■ **What is needed**
Collect every line in the records below that contains the word "AllocError".

::: Data supplied

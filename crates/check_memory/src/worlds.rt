//! The scenario of the core.

ghost use Rattle.std.specs.Prelude.{IfOk};
ghost use Rattle.check_memory.specs.Driven.{IsDrivenWorld, LeavesDriven};
ghost use Rattle.check_memory.specs.Works.{IsOwnKey, key_of_work};
ghost use Rattle.rcu_world.specs.Worlds.{IsWorld};

use crate::growth::{Broken, Fault, Growth, Refusals, refused_again, stands};
use crate::machine::{Answer, Cpu, Machine, Shown, check_closed, shape};
use crate::parts::called;
use crate::script::{Action, ONE_MARK, SHORT_SCRIPT};
use crate::steps::{Progress, shown};
use crate::work::Work;
use rcu_jobs::{BarrierFault, Closed};
use rcu_world::{Event, World};
use std::alloc::{AllocError, Global};

/// How many events are handed to `run` at the end.
const EVENTS: usize = 4;

/// How many lengths of the history the short script begins at.
const LENGTHS: u64 = 8;

/// Opens a barrier and, where `polls`, polls it.
fn open_barrier(world: &mut World<Work>, polls: bool) -> Answer
    requires { IsDrivenWorld world.old }
    ensures { IsDrivenWorld world.new }
{
    let name = match world.barrier(None, &[]) {
        Ok(name) => name,
        Err(BarrierFault::Memory) => return Answer::Memory(Growth::Barrier),
        Err(_) => return Answer::Other,
    };
    if !polls {
        return Answer::Done;
    }
    match world.poll(name) {
        Ok(passed) => Answer::Polled(passed.is_some()),
        Err(_) => Answer::Memory(Growth::Poll),
    }
}

/// Asks the offloadable processor to be offloaded, or local.
fn ask(world: &mut World<Work>, on: bool) -> Answer
    requires { IsDrivenWorld world.old }
    ensures { IsDrivenWorld world.new }
{
    let asked = if on {
        world.offload(1)
    } else {
        world.deoffload(1)
    };
    match asked {
        Ok(()) => Answer::Done,
        Err(_) => Answer::Other,
    }
}

/// A call of a processor.
fn make_at(world: &mut World<Work>, cpu: Cpu, action: Action, moment: u64, key: u64) -> Answer
    requires { IsDrivenWorld world.old }
    ensures { IsDrivenWorld world.new }
{
    let number = cpu.number();
    if number >= world.processors() {
        return Answer::Other;
    }
    if world.is_away(number) {
        return Answer::Other;
    }
    match action {
        Action::Call(_) => called(world.call_rcu(number, moment, Work { key })),
        Action::Lazy(_) => called(world.call_rcu_lazy(number, moment, Work { key })),
        Action::Report(_) => match world.quiescent(number) {
            Ok(counted) => Answer::Reported(counted.is_some()),
            Err(_) => Answer::Memory(Growth::Quiescent),
        },
        Action::Tick(_) => match world.tick(number, moment) {
            Ok(ticked) => Answer::Ran {
                ran: ticked.ran,
                stop: ticked.stop,
            },
            Err(_) => Answer::Memory(Growth::TickRecord),
        },
        _ => Answer::Other,
    }
}

/// A turn of the only group.
fn turn_group(world: &mut World<Work>) -> Answer
    requires { IsDrivenWorld world.old }
    ensures { LeavesDriven Growth.GroupJoin result world.new }
{
    if !world.has_group(1) {
        return Answer::Other;
    }
    match world.group_turn(1) {
        Ok(turn) => Answer::Turned(turn),
        Err(_) => Answer::Memory(Growth::GroupJoin),
    }
}

/// A turn of the only hand.
fn turn_hand(world: &mut World<Work>) -> Answer
    requires { IsDrivenWorld world.old }
    ensures { LeavesDriven Growth.HandRecord result world.new }
{
    if !world.has_hand(1) {
        return Answer::Other;
    }
    match world.hand_turn(1) {
        Ok(turn) => Answer::Ran {
            ran: turn.ran,
            stop: turn.stop,
        },
        Err(_) => Answer::Memory(Growth::HandRecord),
    }
}

/// A turn of the driver.
fn drive(world: &mut World<Work>) -> Answer
    requires { IsDrivenWorld world.old }
    ensures { LeavesDriven Growth.DriverTurn result world.new }
{
    match world.driver_turn() {
        Ok(_) => Answer::Done,
        Err(_) => Answer::Memory(Growth::DriverTurn),
    }
}

/// Shuts both processors.
fn shut(world: &mut World<Work>) -> Answer
    requires { IsDrivenWorld world.old }
    ensures { LeavesDriven Growth.Shut result world.new }
{
    match world.shut() {
        Ok(counts) => Answer::Shut(counts),
        Err(_) => Answer::Memory(Growth::Shut),
    }
}

impl Machine for World<Work> {
    ghost holds = { IsDrivenWorld };

    fn make(&mut self, action: Action, moment: u64, key: u64) -> Answer {
        match action {
            Action::Call(cpu) | Action::Lazy(cpu) | Action::Report(cpu) | Action::Tick(cpu) => {
                make_at(self, cpu, action, moment, key)
            }
            Action::Group => turn_group(self),
            Action::Hand => turn_hand(self),
            Action::Drive => drive(self),
            Action::Ask(on) => ask(self, on),
            Action::Barrier => open_barrier(self, false),
            Action::Poll => open_barrier(self, true),
            Action::Shut => shut(self),
        }
    }

    fn shown(&self) -> Option<Shown> {
        if self.processors() != 2 {
            return None;
        }
        Some(Shown {
            local: self.lists(0),
            offloadable: self.lists(1),
            member: self.group_lists(1)?,
        })
    }
}

/// Opens the world.
fn open_world(alloc: Global, refusals: &mut Refusals) -> Result<World<Work>, Broken>
    ensures driven { IfOk result IsDrivenWorld }
{
    let shape = shape().ok_or(Broken {
        at: Growth::WorldNew,
        what: "no shape",
    })?;
    if let Ok(world) = World::new(alloc, shape) {
        return Ok(world);
    }
    refusals.note(Growth::WorldNew)?;
    match World::new(alloc, shape) {
        Ok(world) => Ok(world),
        Err(_) => Err(refused_again(Growth::WorldNew)),
    }
}

/// The events that are handed to `run`.
fn make_events(alloc: Global) -> Result<Vec<Event<Work>>, AllocError> {
    let mut events = Vec::new(alloc);
    for _ in 0..EVENTS {
        events.push(Event::Urge)?;
    }
    Ok(events)
}

/// So many events came back of a `run` that was refused, and no list changed.
fn check_back(
    refusals: &mut Refusals,
    world: &World<Work>,
    before: &Shown,
    back: usize,
) -> Result<(), Broken> {
    refusals.note_same(Growth::WorldRun, back == EVENTS, "not all events came back")?;
    let same = *before == shown(world)?;
    stands(same, Growth::WorldRun, "a list changed")
}

/// Hands events to `run`, which change no list.
fn run_events(alloc: Global, refusals: &mut Refusals, world: &mut World<Work>) -> Result<(), Fault>
    requires { IsWorld key_of_work IsOwnKey world.old.core }
    ensures { IsWorld key_of_work IsOwnKey world.new.core }
{
    let before = shown(world)?;
    let events = make_events(alloc)?;
    let Err(back) = world.run(events) else {
        return Ok(());
    };
    check_back(refusals, world, &before, back.len())?;
    stands(world.run(back).is_ok(), Growth::WorldRun, "refused again")?;
    Ok(())
}

/// A world that came back of its `close` shows what it showed before, and its history has as many marks.
fn check_kept(
    refusals: &mut Refusals,
    back: &World<Work>,
    last: &Shown,
    marks: usize,
) -> Result<(), Broken>
    requires { IsWorld key_of_work IsOwnKey back.now.core }
{
    let same = *last == shown(back)? && marks == back.history().len();
    refusals.note_same(Growth::WorldClose, same, "the world changed")
}

/// Closes the world, or tries it again. `last` is what it shows.
fn close_world(
    refusals: &mut Refusals,
    world: World<Work>,
    last: &Shown,
) -> Result<Closed<Work>, Broken>
    requires { IsWorld key_of_work IsOwnKey world.core }
{
    let marks = world.history().len();
    let back = match world.close() {
        Ok((_, closed)) => return Ok(closed),
        Err(back) => back,
    };
    check_kept(refusals, &back, last, marks)?;
    match back.close() {
        Ok((_, closed)) => Ok(closed),
        Err(_) => Err(refused_again(Growth::WorldClose)),
    }
}

/// The short script on a world whose history has so many marks before it: among some lengths in a row is one at which the
/// history grows at each call.
fn play_short(alloc: Global, refusals: Refusals, marks: u64) -> Result<Refusals, Broken> {
    let mut progress = Progress::new(refusals);
    let mut world = open_world(alloc, &mut progress.refusals)?;
    progress.repeat(&mut world, marks, ONE_MARK)?;
    progress.perform(&mut world, SHORT_SCRIPT)?;
    Ok(progress.refusals)
}

/// The short script on histories of some lengths in a row.
fn play_all_short(alloc: Global) -> Result<Refusals, Broken> {
    let mut refusals = Refusals::new();
    for marks in 0..LENGTHS {
        refusals = play_short(alloc, refusals, marks)?;
    }
    Ok(refusals)
}

/// Each call of the table, and `run`. Answers what the world shows then.
fn perform_all(
    alloc: Global,
    progress: &mut Progress,
    world: &mut World<Work>,
) -> Result<Shown, Fault>
    requires { IsDrivenWorld world.old }
    ensures { IsWorld key_of_work IsOwnKey world.new.core }
{
    progress.perform_all(world)?;
    run_events(alloc, &mut progress.refusals, world)?;
    Ok(shown(world)?)
}

/// The scenario: `World::new`, each call of the table, `run`, `close`.
pub fn play_world(alloc: Global) -> Result<Refusals, Fault> {
    let mut refusals = play_all_short(alloc)?;
    let mut world = open_world(alloc, &mut refusals)?;
    let mut progress = Progress::new(refusals);
    let last = perform_all(alloc, &mut progress, &mut world)?;
    let closed = close_world(&mut progress.refusals, world, &last)?;
    check_closed(Growth::WorldClose, &closed, &last)?;
    Ok(progress.refusals)
}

::::::

■ **Your response**
use std::alloc::{AllocError, Global};
fn make_events(alloc: Global) -> Result<Vec<Event<Work>>, AllocError> {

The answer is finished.